Variety of markets

DCE operates across a series of different markets, reflecting the diverse applications for its innovative technology. Potential applications/markets for DCE’s technology are limitless

Some of the areas using DCE’s know-how:

  • Agriculture academia and agronomy businesses
  • Defencegovernment defence agencies, laboratories, prime contractors and industry partners
  • Health academia, national/private health services and equipment manufacturers
  • Nuclear nuclear agencies and industry associates

Defence

In today’s changing nature of warfare, technology and innovation play crucial roles in determining tactics

Advances in robotic technology have given military forces the capability to do dangerous and difficult combat tasks remotely, keeping human soldiers out of harm’s way.

Military robots come in different shapes and sizes depending on the requirement and they may be remotely controlled or fully autonomous. Robots can handle different types of payloads depending on the application. Sensors, detectors, cameras, weapons and programmed software can be fitted to robotic platforms. DCE’s Marionette plays a critical role in these operations.

DCE’s Marionette™ Universal Control System technology can be retrofitted into existing military vehicles and platforms or the DCE engineering team can design purpose-built unmanned ground vehicles/remotely operated vehicles to fulfil customers’ specific requirements. Click on the case study below to find out how DCE converted a 30-tonne FV510 Warrior armoured fighting vehicle into a remotely operated vehicle.

Defence and peacekeeping forces around the world are using military robots for these roles:

  • battlefield intelligence
  • combat support
  • debris removal
  • disaster relief
  • explosive ordnance disposal and mine clearance
  • fire fighting
  • intelligence, surveillance and reconnaissance
  • search and rescue
  • target information
  • terrain and hazard mapping

Nuclear

In nuclear facilities, robots can perform in areas where the hostile thermal or radiation environment would not be safe for a human

As the twentieth century’s nuclear power plants come to the end of their useful lives and a decommissioning programme is underway, remote controlled and fully autonomous robots have a mission-critical role to play.

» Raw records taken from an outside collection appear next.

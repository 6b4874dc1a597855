//! Libraries.

ghost use Rattle.std.specs.Prelude.{◌≡◌, find, position};
ghost use Rattle.std.specs.Option.{option_copied};
ghost use Rattle.element_terms.specs.Declarations.{declares};

use crate::combinators::Combinators;
use crate::declarations::{Declarations, Declared};
use dart_types::LibId;
use plain_text::PlainText;
use std::marker::Model;

/// An export.
#[derive(Debug, Drop)]
pub struct ExportEdge {
    /// The library that is exported.
    pub library: LibId,
    /// The combinators, as they are written.
    pub combinators: Combinators,
}

/// The exports of a library in the order in which they are written.
#[derive(Debug, Drop)]
pub struct Exports {
    exports: Vec<ExportEdge>,
}

impl Model for Exports {
    ghost use Rattle.std.specs.Prelude.{List};
    ghost use Rattle.element_terms.specs.declared.libraries.ExportEdge.{ExportEdge};

    ghost Value = { List ExportEdge };

    ghost view = { λ e. e.exports.items };
}

impl Exports {
    /// The exports that the vector holds, which takes no memory.
    pub fn from_vec(exports: Vec<ExportEdge>) -> Exports
        ensures { result ≡ exports.items }
    {
        Exports { exports }
    }

    /// The exports.
    pub fn as_slice(&self) -> &[ExportEdge]
        ensures { result.now ≡ self.now }
    {
        self.exports.as_slice()
    }
}

/// A library with its parts.
#[derive(Debug, Drop)]
pub struct LibraryElement {
    /// Its number.
    pub id: LibId,
    /// The path of its file, absolute and normalized, or `dart:core`.
    pub path: PlainText,
    /// What it and its parts declare.
    pub declared: Declarations,
    /// Its exports.
    pub exports: Exports,
}

/// The declaration that gives a name its meaning in a library: the first that has it. None exactly
/// where the library declares no such name.
pub fn declared<'a>(library: &'a LibraryElement, name: &str) -> Option<&'a Declared>
    ensures { option_copied result ≡ find (λ d. declares d name.now) library.now.declared }
{
    library
        .declared
        .as_slice()
        .iter()
        .find(|d| d.declares(name))
}

/// The place of that declaration among those of the library, in the time of log n of n names.
pub fn declared_place(library: &LibraryElement, name: &str) -> Option<usize>
    ensures { result ≡ position (λ d. declares d name.now) library.now.declared }
{
    library.declared.place(name)
}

The key rationale in the use of robotics is to avoid human exposure to hazardous environments and tasks. These range from scrutiny and general upkeep to decontamination and post accidental activities. In a nuclear facility, robots with the ability to climb stairs and swim through cooling pipes are invaluable, accessing all areas of the plant to undertake a wide range of tasks, including:

  • communications relay
  • data gathering and sampling
  • debris removal
  • inspection and surveillance
  • load transportation
  • maintenance and repairs
  • radiation detecting and mapping
  • surface decontamination and cleaning

A variant of DCE’s X2 is currently being used as part of an Innovate UK/Nuclear Decommissioning Authority sponsored project looking at new technology for nuclear decommissioning. This model has been modified to remove contamination traps etc and manufactured in stainless for better unmanned ground vehicle decontamination Click on the case study below to find out more.

Health

Robotic technologies in healthcare relieve medical
personnel from routine tasks that take their time
away from more pressing responsibilities

These innovative technologies can also medical procedures safer, more efficient and less expensive.

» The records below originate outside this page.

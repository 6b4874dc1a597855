//! Words that are no command of `dart_serve`: the usage line, and status 2.
#![tactic(auto)]

use std::process::ExitCode;

fn main(rt: HostRuntime) -> ExitCode {
    dart_server::on_host(&rt)
}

Innovative robotic, autonomous and sensor technologies appear in a wide range of applications that directly affect patient care, including:

  • cleaning and disinfection
  • delivery of medication, meals and equipment
  • laboratory analysis and storage
  • patient transportation
  • personal care
  • physiotherapy
  • surgery
  • training

Autonomous systems can reduce the risk of transmitting highly infectious diseases by lessening unnecessary human contact. DCE has applied its robotics and sensors expertise to turn a standard hospital bed a self-driving unit. This can be used to transport patients around hospitals, with just one socially distanced member of staff nearby. Read more about this in the case study below.

Agriculture

Farmers to turn to robotics as a solution
to feed the growing population

The world’s population is expected to reach 9 billion by 2050. To feed this population, agricultural production will need to double its current output. This has caused farmers to turn to robotics as a solution for the coming future.

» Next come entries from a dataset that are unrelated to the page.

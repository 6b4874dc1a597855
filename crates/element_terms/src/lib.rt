//! Libraries by the names that they declare and export.
//!
//! A `LibraryElement` has what the top level of a library and of its parts declares, and its exports
//! with their combinators. `specs/Declarations.antt` says which names a declaration has: a variable
//! that isn't final has that of its getter and that of its setter, which ends in `=`.
//! `specs/Combinators.antt` says which names combinators let pass. Both read names as texts. The crate
//! stands on `plain_text`, and on `dart_types` for the numbers of libraries.
#![tactic(auto)]

mod combinators;
mod declarations;
mod libraries;
mod name_tables;
mod names;
mod pass_tables;

pub use combinators::{Combinator, Combinators};
pub use declarations::{Declarations, Declared, DeclaredKind};
pub use libraries::{ExportEdge, Exports, LibraryElement, declared, declared_place};
pub use names::{NameList, is_private, is_setter_of, means, setter_of};
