use crate::numbering_names::{number_annotations, number_name, number_place};
use crate::numbering_statements::number_stmts;
use dart_tree::{
    Argument, ArgumentList, ArgumentListNode, Block, Body, BodyNode, Expr, ExprNode, Function,
    FunctionNode, FunctionTypeParts, MapEntry, Parameter, ParameterList, ParameterType, Place,
    StringElement, StringElementNode, StringLiteral, StringLiteralNode, TypeArguments,
    TypeArgumentsNode, TypeParameter, Variable, VariableList, WrittenType, WrittenTypeNode,
};

/// Numbers a written type's nodes from `first` on, and answers the number after the last.
#[cycle(number)]
pub(crate) fn number_written_type(written_type: &mut WrittenType, first: u32) -> u32
    requires { first + nodes_in written_type.old < 2 ^ 32 }
    ensures tree { written_type.new ≡ numbered first written_type.old }
    ensures next { result ≡ first + nodes_in written_type.old }
{
    match &mut *written_type.node {
        WrittenTypeNode::Void { at } => number_place(at, first),
        WrittenTypeNode::Named { at, arguments, .. } => {
            let next = number_place(at, first);
            number_optional_type_arguments(arguments, next)
        }
        WrittenTypeNode::Function {
            at,
            result,
            parts,
            ..
        } => {
            let next = number_place(at, first);
            let next = number_optional_written_type(result, next);
            let FunctionTypeParts {
                type_parameters,
                parameters,
                optional,
            } = &mut **parts;
            let next = number_type_parameters(type_parameters.as_mut_slice(), next);
            let next = number_parameter_types(parameters.as_mut_slice(), next);
            number_parameters(optional.as_mut_slice(), next)
        }
    }
}

/// Numbers the nodes of written types, one after the other.
#[cycle(number)]
pub(crate) fn number_written_types(written_types: &mut [WrittenType], first: u32) -> u32
    requires { first + nodes_in_all (trees_of written_types.old) < 2 ^ 32 }
    ensures trees { trees_of written_types.new ≡ all_numbered first (trees_of written_types.old) }
    ensures next { result ≡ first + nodes_in_all (trees_of written_types.old) }
{
    let mut next = first;
    for item in written_types.iter_mut() {
        next = number_written_type(item, next);
    }
    next
}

Robotics can increase crop yields by carrying out these tasks:

  • crop health monitoring/data collection
  • efficient use of fertilisers and sprays
  • greenhouse management
  • planting and harvesting
  • targeted weed suppression

DCE’s X2 was used in the IBEX2 project as an autonomous weed spraying robot designed for operation on hill farms and moorland where the challenging terrain makes it too dangerous – or impossible – to operate conventional machinery, such as tractors. Also, better access increases available agricultural land.

Environmental wins by using the X2 are achieved by avoiding the use of expensive and ecologically damaging bulk spraying by helicopter or manual weed spraying, plus the much lower soil compaction due to the vehicle’s light weight.

And don’t forget that they are emissions-free (environmental aspect).

We did also look at automating functions on a farm such as mucking out of sheds which currently has to be done by a person.